The platform consists of the same hardware of the previous system, with different software. At present, there are no published reports about this system. Preliminary data demonstrate that the correlation between the Nova View system and the conventional method ranges from 93–100 %, in the classification of negative–positive samples and in interpretation of fluorescence pattern. In a recent unpublished study by our group, we were able to confirm these data, with agreement between the Nova View System and the manual IIF of 95 %.

Europattern

The instrument consists of a fully motorized microscope that allows the automated processing of up to 500 analysis positions in succession with identification of pattern combinations (including the corresponding titers). The interpretation system is controlled by the EuroLabOffice (ELO) Software, with a reference database containing 115,000 images of samples. In a recent study of our group (unpublished data) aimed to validate this new system, we examined 116 unselected sera from outpatients. The agreement between the automated and manual classification of these sera was 100 % in the case of positive sera and 74 % in the case of negative sera: the overall concordance was 94 %.

Zenit G-Sight

The system consists of a motorized automated fluorescence microscope that allows a semi-quantitative analysis (with different G-Sight indexes) and intelligent pattern recognition for ANA test by the use of a specific software. Published reports are not yet available on the validation of the system. In preliminary studies of different researchers, the system demonstrates a good correlation between the quantitative estimation of ANA intensity and manual ANA titers as assessed by serial dilution and shows a sensitivity of 64 % and a specificity of 97 % at index 24, with a concordance between index-based and validated results of 96 % at index <14. In a recent study of our group (preliminary data), we were able to confirm these results, but we found a high percentage of uncertain results.

Helios

The system was developed based on the IIF processor Helmed. An optical system to capture the respective IIF images was implemented and a specific software algorithm was developed for the differentiation between positive and negative samples; the results can be recorded, saved and transmitted to the laboratory information system and validated remotely. The in-house validation of the system with over 1,000 serum samples showed a 98.4 % correlation of results, when compared to the manual IIF procedure and visual interpretation.

Image Navigator

The system consists of a motorized fluorescence microscope that automates the scanning of patient samples on Immuno Concepts fluorescent HEp-2000 assay by capturing up to four images per field, and sorts them into positive and negative folders for review by the technologist. Unpublished data show a high between-reader agreement (97 %).

Cytospot

The system consists of fully automated diagnostic microscope for immunofluorescent images that scans all conventional slides and allows a stand-alone differentiation of positive and negative samples and a guided comparison of the output image with images in the library of integrated ANA patterns. For high throughput laboratories, a second version of the system exists (Cytospot Robot) that allows the automated imaging of 100 slides. Currently, the literature reports are not available on the diagnostic accuracy of the system.
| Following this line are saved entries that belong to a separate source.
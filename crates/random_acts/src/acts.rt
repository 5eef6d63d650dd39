// Random acts on units of 40 blocks, and on one of 1100, all of 512 bytes.
ghost use Rattle.std.specs.Prelude.{◌≡◌, ◌<◌, length, IfOk};
ghost use Rattle.random_acts.specs.Asked.{IsOfNexus};

use crate::numbers::Numbers;
use cm_base::{Config, OutOfMemory, Payload, ReservationAction};
use cm_history::{Act, CopyEnd, CopyState, RodBlocks, TokenText};
use lba_ranges::{BlockList, Fill, Piece, Range, RangeList};
use std::alloc::Global;

/// Two rows of one block each, which may be the same.
fn ranges(alloc: Global, numbers: &mut Numbers) -> Result<RangeList, OutOfMemory> {
    let mut ranges = RangeList::empty(alloc);
    ranges.push(Range {
        lba: u64::from(numbers.below(41)),
        count: 1,
    })?;
    ranges.push(Range {
        lba: u64::from(numbers.below(40)),
        count: 1,
    })?;
    Ok(ranges)
}

/// Two mapped blocks.
fn mapped_blocks(alloc: Global, numbers: &mut Numbers) -> Result<BlockList, OutOfMemory>
    ensures { IfOk result (λ list. length list.items ≡ 2) }
{
    let byte = numbers.below(200) as u8 + 1;
    let bytes = vec![in alloc; byte; 1024]?;
    Ok(BlockList::from_payload(alloc, 512, 2, Payload::from_vec(bytes)?)?)
}

/// Two blocks, both mapped or both unmapped.
fn blocks(alloc: Global, numbers: &mut Numbers) -> Result<BlockList, OutOfMemory> {
    if numbers.below(3) > 0 {
        return mapped_blocks(alloc, numbers);
    }
    let mut list = BlockList::empty(alloc, 512);
    list.push(Piece {
        count: 2,
        fill: Fill::Hole,
    })?;
    Ok(list)
}

/// An act on blocks.
fn act_on_blocks(alloc: Global, numbers: &mut Numbers) -> Result<Act, OutOfMemory>
    ensures { IfOk result IsOfNexus }
{
    let lba = u64::from(numbers.below(42));
    match numbers.below(7) {
        0 => Ok(Act::Read { lba, count: 3 }),
        1 => Ok(Act::Capture { lba, count: 3 }),
        2 => Ok(Act::MapStatus { lba }),
        3 => Ok(Act::Unmap {
            ranges: ranges(alloc, numbers)?,
        }),
        4 => Ok(Act::Put {
            lba,
            list: blocks(alloc, numbers)?,
        }),
        _ => Ok(Act::Write {
            lba,
            list: mapped_blocks(alloc, numbers)?,
        }),
    }
}

/// The text of a token of two blocks, which may be altered.
fn text(config: &Config, unit: u16, numbers: &mut Numbers) -> [u8; 512]
    requires { unit < length config.now.units }
{
    let mut text = rod_token::text(config, unit, u64::from(numbers.below(8)), 2);
    if numbers.below(8) == 0 {
        text[100] ^= 1;
    }
    text
}

/// An act on tokens.
fn act_on_tokens(
    alloc: Global,
    config: &Config,
    unit: u16,
    numbers: &mut Numbers,
) -> Result<Act, OutOfMemory>
    requires { unit < length config.now.units }
    ensures { IfOk result IsOfNexus }
{
    match numbers.below(8) {
        0 => Ok(Act::Delete {
            serial: u64::from(numbers.below(8)),
        }),
        1 | 2 | 3 => Ok(Act::Populate {
            id: numbers.below(3),
            timeout: numbers.below(30) + 1,
            ranges: ranges(alloc, numbers)?,
        }),
        _ => Ok(Act::Redeem {
            text: TokenText::new(alloc, &text(config, unit, numbers))?,
            target: numbers.below(2) as u16,
        }),
    }
}

/// An act on operations.
fn act_on_operations(alloc: Global, numbers: &mut Numbers) -> Result<Act, OutOfMemory>
    ensures { IfOk result IsOfNexus }
{
    let id = numbers.below(3);
    match numbers.below(7) {
        0 | 1 => Ok(Act::Start {
            id,
            background: numbers.below(2) == 0,
            ranges: ranges(alloc, numbers)?,
            rod: RodBlocks::new(alloc, blocks(alloc, numbers)?)?,
        }),
        2 => Ok(Act::Advance { id }),
        3 => Ok(Act::End { id }),
        4 => Ok(Act::Abort { id }),
        _ => Ok(Act::Report { id }),
    }
}

/// A token write of 1024 to 1027 blocks, whose last piece may be a few blocks or none: two mapped blocks, and unmapped ones.
fn long_start(alloc: Global, numbers: &mut Numbers) -> Result<Act, OutOfMemory>
    ensures { IfOk result IsOfNexus }
{
    let count = 1022 + numbers.below(4);
    let mut ranges = RangeList::empty(alloc);
    ranges.push(Range {
        lba: u64::from(numbers.below(4)) * 1030,
        count: 2,
    })?;
    ranges.push(Range { lba: 2, count })?;
    let mut rod = mapped_blocks(alloc, numbers)?;
    rod.push(Piece {
        count,
        fill: Fill::Hole,
    })?;
    Ok(Act::Start {
        id: numbers.below(2),
        background: numbers.below(2) == 0,
        ranges,
        rod: RodBlocks::new(alloc, rod)?,
    })
}

/// An act on operations of several pieces, or a look at what they wrote.
fn act_on_long_operations(alloc: Global, numbers: &mut Numbers) -> Result<Act, OutOfMemory>
    ensures { IfOk result IsOfNexus }
{
    let id = numbers.below(2);
    match numbers.below(7) {
        0 | 1 => long_start(alloc, numbers),
        2 | 3 => Ok(Act::Advance { id }),
        4 => Ok(Act::End { id }),
        5 => Ok(Act::Report { id }),
        _ => Ok(Act::Read {
            lba: u64::from(numbers.below(2)) * 1022,
            count: 8,
        }),
    }
}

/// One of four blocks, or a few of them in a row.
fn few_blocks(alloc: Global, numbers: &mut Numbers) -> Result<RangeList, OutOfMemory> {
    let mut ranges = RangeList::empty(alloc);
    ranges.push(Range {
        lba: u64::from(numbers.below(2)),
        count: numbers.below(3) + 1,
    })?;
    Ok(ranges)
}

/// An act that writes four blocks or shows them.
fn act_on_shown_blocks(
    alloc: Global,
    config: &Config,
    unit: u16,
    numbers: &mut Numbers,
) -> Result<Act, OutOfMemory>
    requires { unit < length config.now.units }
    ensures { IfOk result IsOfNexus }
{
    match numbers.below(8) {
        0 | 1 | 2 => Ok(Act::Write {
            lba: u64::from(numbers.below(3)),
            list: mapped_blocks(alloc, numbers)?,
        }),
        3 => Ok(Act::Unmap {
            ranges: few_blocks(alloc, numbers)?,
        }),
        4 | 5 => Ok(Act::Populate {
            id: numbers.below(3),
            timeout: numbers.below(60) + 1,
            ranges: few_blocks(alloc, numbers)?,
        }),
        6 => act_on_tokens(alloc, config, unit, numbers),
        _ => act_on_operations(alloc, numbers),
    }
}

/// An act on the record of a copy.
fn act_on_copies(numbers: &mut Numbers) -> Act
    ensures { IsOfNexus result }
{
    let id = numbers.below(2) as u8;
    match numbers.below(3) {
        0 => Act::Open { id },
        1 => Act::Recall { id },
        _ => Act::Close {
            id,
            result: CopyEnd {
                state: CopyState::Failed,
                segments: 1,
                bytes: 512,
            },
        },
    }
}

/// A service action of PERSISTENT RESERVE OUT, often a RESERVE.
fn action(numbers: &mut Numbers) -> ReservationAction {
    match numbers.below(8) {
        0 => ReservationAction::Register,
        1 | 2 => ReservationAction::RegisterAndIgnoreExistingKey,
        3 => ReservationAction::Release,
        4 => ReservationAction::Clear,
        5 => ReservationAction::Preempt,
        _ => ReservationAction::Reserve,
    }
}

/// An act on reservations, by few keys, so that they often fit.
fn act_on_reservations(numbers: &mut Numbers) -> Act
    ensures { IsOfNexus result }
{
    match numbers.below(6) {
        0 => Act::PrKeys,
        1 => Act::PrHolder,
        _ => Act::PrOut {
            action: action(numbers).code(),
            scope: u8::from(numbers.below(12) == 0),
            kind: numbers.below(8) as u8,
            key: u64::from(numbers.below(3)),
            action_key: u64::from(numbers.below(3)),
        },
    }
}

/// An act of any kind.
fn mixed_act(
    alloc: Global,
    config: &Config,
    unit: u16,
    numbers: &mut Numbers,
) -> Result<Act, OutOfMemory>
    requires { unit < length config.now.units }
    ensures { IfOk result IsOfNexus }
{
    match numbers.below(4) {
        0 => act_on_blocks(alloc, numbers),
        1 => act_on_tokens(alloc, config, unit, numbers),
        2 => act_on_operations(alloc, numbers),
        _ => Ok(act_on_copies(numbers)),
    }
}

/// What a random history is made of.
#[derive(Drop, Clone, Copy)]
pub enum Style {
    /// Acts of all kinds, on a few blocks.
    Mixed,
    /// Token writes of several pieces.
    Long,
    /// Writes and tokens of the same four blocks.
    Shown,
    /// Acts on reservations, and of all other kinds.
    Reserved,
}

/// An act of a nexus.
pub fn random_act(
    alloc: Global,
    config: &Config,
    unit: u16,
    style: Style,
    numbers: &mut Numbers,
) -> Result<Act, OutOfMemory>
    requires { unit < length config.now.units }
    ensures { IfOk result IsOfNexus }
{
    match style {
        Style::Mixed => mixed_act(alloc, config, unit, numbers),
        Style::Long => act_on_long_operations(alloc, numbers),
        Style::Shown => act_on_shown_blocks(alloc, config, unit, numbers),
        Style::Reserved => {
            if numbers.below(2) == 0 {
                Ok(act_on_reservations(numbers))
            } else {
                mixed_act(alloc, config, unit, numbers)
            }
        }
    }
}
Advantages and perspectives of automated IIF cell/tissue assay

Automation of the IIF method can be used for a cost-effective and accurate screening for diagnostically relevant autoantibodies; this technology may play down errors and problems caused by subjective image evaluation and low expertise. The further development of classification algorithms should allow the identification and differentiation of a wide variety of cell and tissue staining patterns.
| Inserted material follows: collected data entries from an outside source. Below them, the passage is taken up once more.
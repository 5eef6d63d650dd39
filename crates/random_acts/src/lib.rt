// Random acts of all kinds, and what it is that two answers are the same. Tests and programs for measuring stand on it.
#![tactic(auto)]

mod acts;
mod answers;
mod numbers;

pub use acts::{Style, random_act};
pub use answers::is_same;
pub use numbers::Numbers;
The expected advantages of an automated IIF method are (a) the reduction in frequency of false negative and false positive results due to the standardization of measurement of fluorescence intensity; (b) the reduction of intra- and inter-laboratory variability; (c) improvement in the correlation of staining patterns with corresponding autoantibody reactivities; and (d) higher throughput in the laboratory workflow.